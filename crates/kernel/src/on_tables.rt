// The step and the test on lent tables: an accepted command is carried out where they lie, a refused one leaves them as
// they are. (What each op does to them: crates kernel_ops, kernel_close, kernel_time and kernel_wake. When it is
// refused: crate kernel_checks.)
ghost use Rattle.std.specs.Prelude.{ℕ, ◌<◌, ◌^◌, ◌≡◌, length};
ghost use Rattle.rules.specs.Line.{at};
ghost use Rattle.kernel.specs.Lent.{lent, left, seen};
ghost use Rattle.kernel.specs.Public.{Ends, to_rules, is_sound, step_of, running_of};
ghost use Rattle.kernel.specs.Step as step;

use crate::command::Answer;
use kernel_checks::{Command, Kind};
use kernel_line::{POId, TaskID};
use rules::Refusal;

// The answer to a refused command: its number, who runs, and nobody released.
fn refused(code: u8, running: TaskID) -> Answer
    ensures { result ≡ step.refused code running.0 }
{
    Answer {
        code,
        running,
        released: TaskID(0),
    }
}

// The answer to an accepted command: who runs behind it, and who is released.
fn accepted(running: TaskID, released: u8) -> Answer
    ensures { result ≡ step.accepted running.0 released }
{
    Answer {
        code: 0,
        running,
        released: TaskID(released),
    }
}

// An accepted command, carried out: the released task, 0 for nobody.
fn carry(
    base: &mut [u8; 32],
    ready: &mut [u8; 32],
    delayed: &mut [u8; 32],
    held: &mut [u8; 32],
    way: &mut [u8; 32],
    until: &mut [u64; 32],
    ceiling: &mut [u8; 8],
    waiter: &mut [u8; 8],
    clock: &mut u64,
    started: &mut bool,
    k: Kind,
    c: Command,
) -> u8
    ensures { let behind = left base ready delayed held way until ceiling waiter clock started in
        Ends behind (step.accepted (running_of behind) result)
        (step.carried_as k (lent base ready delayed held way until ceiling waiter clock started) (to_rules c)) }
{
    let tops = *ceiling;
    match k {
        Kind::NoKind => 0,
        Kind::Creating => kernel_ops::create(base, ready, tops, held, TaskID(c.a), c.b),
        Kind::Declaring => kernel_ops::declare(ceiling, POId(c.a), c.b),
        Kind::Starting => kernel_ops::begin(started),
        Kind::Delaying => kernel_time::delay(
            base, ready, delayed, held, until, tops, *clock, c.value,
        ),
        Kind::Waking => kernel_wake::wake(base, ready, delayed, held, until, tops, *clock),
        Kind::Advancing => kernel_time::advance(clock, c.value),
        Kind::Opening => kernel_ops::hold(ready, held, way, POId(c.a), rules::FOR_OPEN),
        Kind::Entering => kernel_ops::enter(ready, held, way, waiter, POId(c.a), c.b),
        Kind::Ending(e) => {
            let serves = e.serves & (c.b == 1);
            kernel_close::end(base, ready, held, way, tops, waiter, POId(c.a), serves)
        }
    }
}

// The step that trusts the tables to be those of a sound state, and does not test them. Any tables get one answer,
// which for those of a forged state is no step of document 01.
pub fn step_trusting(
    base: &mut [u8; 32],
    ready: &mut [u8; 32],
    delayed: &mut [u8; 32],
    held: &mut [u8; 32],
    way: &mut [u8; 32],
    until: &mut [u64; 32],
    ceiling: &mut [u8; 8],
    waiter: &mut [u8; 8],
    clock: &mut u64,
    started: &mut bool,
    c: Command,
) -> Answer
    ensures { Ends (left base ready delayed held way until ceiling waiter clock started) result
        (step.stepped_of (lent base ready delayed held way until ceiling waiter clock started) (to_rules c)) }
{
    let tops = *ceiling;
    let waits = *waiter;
    let kind = c.kind();
    let checked = kernel_checks::checked(
        base, ready, held, way, tops, waits, *clock, *started, kind, c,
    );
    match checked {
        Err(refusal) => refused(refusal.number(), kernel_ready::running(*started, ready)),
        Ok(()) => {
            let released = carry(
                base, ready, delayed, held, way, until, ceiling, waiter, clock, started, kind, c,
            );
            accepted(kernel_ready::running(*started, ready), released)
        }
    }
}

// What the types of lent tables say, told to the logic: it knows the length of an array that is looked at as a slice,
// and that each number there fits. It costs nothing.
fn sized(
    base: &[u8; 32],
    ready: &[u8; 32],
    delayed: &[u8; 32],
    held: &[u8; 32],
    way: &[u8; 32],
    until: &[u64; 32],
)
    ensures { (length base.now ≡ 32) × (length ready.now ≡ 32)
        × (length delayed.now ≡ 32) × (length held.now ≡ 32)
        × (length way.now ≡ 32) × (length until.now ≡ 32)
        × ((t : ℕ) → at until.now t < 2 ^ 64) }
{
    let bases: &[u8] = base;
    let readies: &[u8] = ready;
    let sleepers: &[u8] = delayed;
    let hands: &[u8] = held;
    let ways: &[u8] = way;
    let times: &[u64] = until;
    let first = times[0];
}

// The test of a saved state: document 01's conditions hold, and every unused cell is 0.
pub fn sound<'a>(
    base: &'a [u8; 32],
    ready: &'a [u8; 32],
    delayed: &'a [u8; 32],
    held: &'a [u8; 32],
    way: &'a [u8; 32],
    until: &'a [u64; 32],
    ceiling: [u8; 8],
    waiter: [u8; 8],
    clock: u64,
    started: bool,
) -> bool
    ensures { result ≡ is_sound (seen base ready delayed held way until ceiling waiter clock started) }
{
    sized(base, ready, delayed, held, way, until);
    kernel_sound::tested(
        base, ready, delayed, held, way, until, ceiling, waiter, clock, started,
    )
}

// The step: tables that are not those of a sound state are answered 1, 0, 0 and stay as they are.
pub fn step(
    base: &mut [u8; 32],
    ready: &mut [u8; 32],
    delayed: &mut [u8; 32],
    held: &mut [u8; 32],
    way: &mut [u8; 32],
    until: &mut [u64; 32],
    ceiling: &mut [u8; 8],
    waiter: &mut [u8; 8],
    clock: &mut u64,
    started: &mut bool,
    c: Command,
) -> Answer
    ensures { Ends (left base ready delayed held way until ceiling waiter clock started) result
        (step_of (lent base ready delayed held way until ceiling waiter clock started) (to_rules c)) }
{
    let tops = *ceiling;
    let waits = *waiter;
    if !sound(
        base, ready, delayed, held, way, until, tops, waits, *clock, *started,
    ) {
        return refused(Refusal::Shape.number(), TaskID(0));
    }
    step_trusting(
        base, ready, delayed, held, way, until, ceiling, waiter, clock, started, c,
    )
}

*****

Transcribe all of the material exactly as it was written.

**RESULT OF THE EXERCISE:**
filename crates/kernel/src/on_tables.rt
// The step and the test on lent tables: an accepted command is carried out where they lie, a refused one leaves them as
// they are. (What each op does to them: crates kernel_ops, kernel_close, kernel_time and kernel_wake. When it is
// refused: crate kernel_checks.)
ghost use Rattle.std.specs.Prelude.{ℕ, ◌<◌, ◌^◌, ◌≡◌, length};
ghost use Rattle.rules.specs.Line.{at};
ghost use Rattle.kernel.specs.Lent.{lent, left, seen};
ghost use Rattle.kernel.specs.Public.{Ends, to_rules, is_sound, step_of, running_of};
ghost use Rattle.kernel.specs.Step as step;

use crate::command::Answer;
use kernel_checks::{Command, Kind};
use kernel_line::{POId, TaskID};
use rules::Refusal;

// The answer to a refused command: its number, who runs, and nobody released.
fn refused(code: u8, running: TaskID) -> Answer
    ensures { result ≡ step.refused code running.0 }
{
    Answer {
        code,
        running,
        released: TaskID(0),
    }
}

// The answer to an accepted command: who runs behind it, and who is released.
fn accepted(running: TaskID, released: u8) -> Answer
    ensures { result ≡ step.accepted running.0 released }
{
    Answer {
        code: 0,
        running,
        released: TaskID(released),
    }
}

// An accepted command, carried out: the released task, 0 for nobody.
fn carry(
    base: &mut [u8; 32],
    ready: &mut [u8; 32],
    delayed: &mut [u8; 32],
    held: &mut [u8; 32],
    way: &mut [u8; 32],
    until: &mut [u64; 32],
    ceiling: &mut [u8; 8],
    waiter: &mut [u8; 8],
    clock: &mut u64,
    started: &mut bool,
    k: Kind,
    c: Command,
) -> u8
    ensures { let behind = left base ready delayed held way until ceiling waiter clock started in
        Ends behind (step.accepted (running_of behind) result)
        (step.carried_as k (lent base ready delayed held way until ceiling waiter clock started) (to_rules c)) }
{
    let tops = *ceiling;
    match k {
        Kind::NoKind => 0,
        Kind::Creating => kernel_ops::create(base, ready, tops, held, TaskID(c.a), c.b),
        Kind::Declaring => kernel_ops::declare(ceiling, POId(c.a), c.b),
        Kind::Starting => kernel_ops::begin(started),
        Kind::Delaying => kernel_time::delay(
            base, ready, delayed, held, until, tops, *clock, c.value,
        ),
        Kind::Waking => kernel_wake::wake(base, ready, delayed, held, until, tops, *clock),
        Kind::Advancing => kernel_time::advance(clock, c.value),
        Kind::Opening => kernel_ops::hold(ready, held, way, POId(c.a), rules::FOR_OPEN),
        Kind::Entering => kernel_ops::enter(ready, held, way, waiter, POId(c.a), c.b),
        Kind::Ending(e) => {
            let serves = e.serves & (c.b == 1);
            kernel_close::end(base, ready, held, way, tops, waiter, POId(c.a), serves)
        }
    }
}

// The step that trusts the tables to be those of a sound state, and does not test them. Any tables get one answer,
// which for those of a forged state is no step of document 01.
pub fn step_trusting(
    base: &mut [u8; 32],
    ready: &mut [u8; 32],
    delayed: &mut [u8; 32],
    held: &mut [u8; 32],
    way: &mut [u8; 32],
    until: &mut [u64; 32],
    ceiling: &mut [u8; 8],
    waiter: &mut [u8; 8],
    clock: &mut u64,
    started: &mut bool,
    c: Command,
) -> Answer
    ensures { Ends (left base ready delayed held way until ceiling waiter clock started) result
        (step.stepped_of (lent base ready delayed held way until ceiling waiter clock started) (to_rules c)) }
{
    let tops = *ceiling;
    let waits = *waiter;
    let kind = c.kind();
    let checked = kernel_checks::checked(
        base, ready, held, way, tops, waits, *clock, *started, kind, c,
    );
    match checked {
        Err(refusal) => refused(refusal.number(), kernel_ready::running(*started, ready)),
        Ok(()) => {
            let released = carry(
                base, ready, delayed, held, way, until, ceiling, waiter, clock, started, kind, c,
            );
            accepted(kernel_ready::running(*started, ready), released)
        }
    }
}

// What the types of lent tables say, told to the logic: it knows the length of an array that is looked at as a slice,
// and that each number there fits. It costs nothing.
fn sized(
    base: &[u8; 32],
    ready: &[u8; 32],
    delayed: &[u8; 32],
    held: &[u8; 32],
    way: &[u8; 32],
    until: &[u64; 32],
)
    ensures { (length base.now ≡ 32) × (length ready.now ≡ 32)
        × (length delayed.now ≡ 32) × (length held.now ≡ 32)
        × (length way.now ≡ 32) × (length until.now ≡ 32)
        × ((t : ℕ) → at until.now t < 2 ^ 64) }
{
    let bases: &[u8] = base;
    let readies: &[u8] = ready;
    let sleepers: &[u8] = delayed;
    let hands: &[u8] = held;
    let ways: &[u8] = way;
    let times: &[u64] = until;
    let first = times[0];
}

// The test of a saved state: document 01's conditions hold, and every unused cell is 0.
pub fn sound<'a>(
    base: &'a [u8; 32],
    ready: &'a [u8; 32],
    delayed: &'a [u8; 32],
    held: &'a [u8; 32],
    way: &'a [u8; 32],
    until: &'a [u64; 32],
    ceiling: [u8; 8],
    waiter: [u8; 8],
    clock: u64,
    started: bool,
) -> bool
    ensures { result ≡ is_sound (seen base ready delayed held way until ceiling waiter clock started) }
{
    sized(base, ready, delayed, held, way, until);
    kernel_sound::tested(
        base, ready, delayed, held, way, until, ceiling, waiter, clock, started,
    )
}

// The step: tables that are not those of a sound state are answered 1, 0, 0 and stay as they are.
pub fn step(
    base: &mut [u8; 32],
    ready: &mut [u8; 32],
    delayed: &mut [u8; 32],
    held: &mut [u8; 32],
    way: &mut [u8; 32],
    until: &mut [u64; 32],
    ceiling: &mut [u8; 8],
    waiter: &mut [u8; 8],
    clock: &mut u64,
    started: &mut bool,
    c: Command,
) -> Answer
    ensures { Ends (left base ready delayed held way until ceiling waiter clock started) result
        (step_of (lent base ready delayed held way until ceiling waiter clock started) (to_rules c)) }
{
    let tops = *ceiling;
    let waits = *waiter;
    if !sound(
        base, ready, delayed, held, way, until, tops, waits, *clock, *started,
    ) {
        return refused(Refusal::Shape.number(), TaskID(0));
    }
    step_trusting(
        base, ready, delayed, held, way, until, ceiling, waiter, clock, started, c,
    )
}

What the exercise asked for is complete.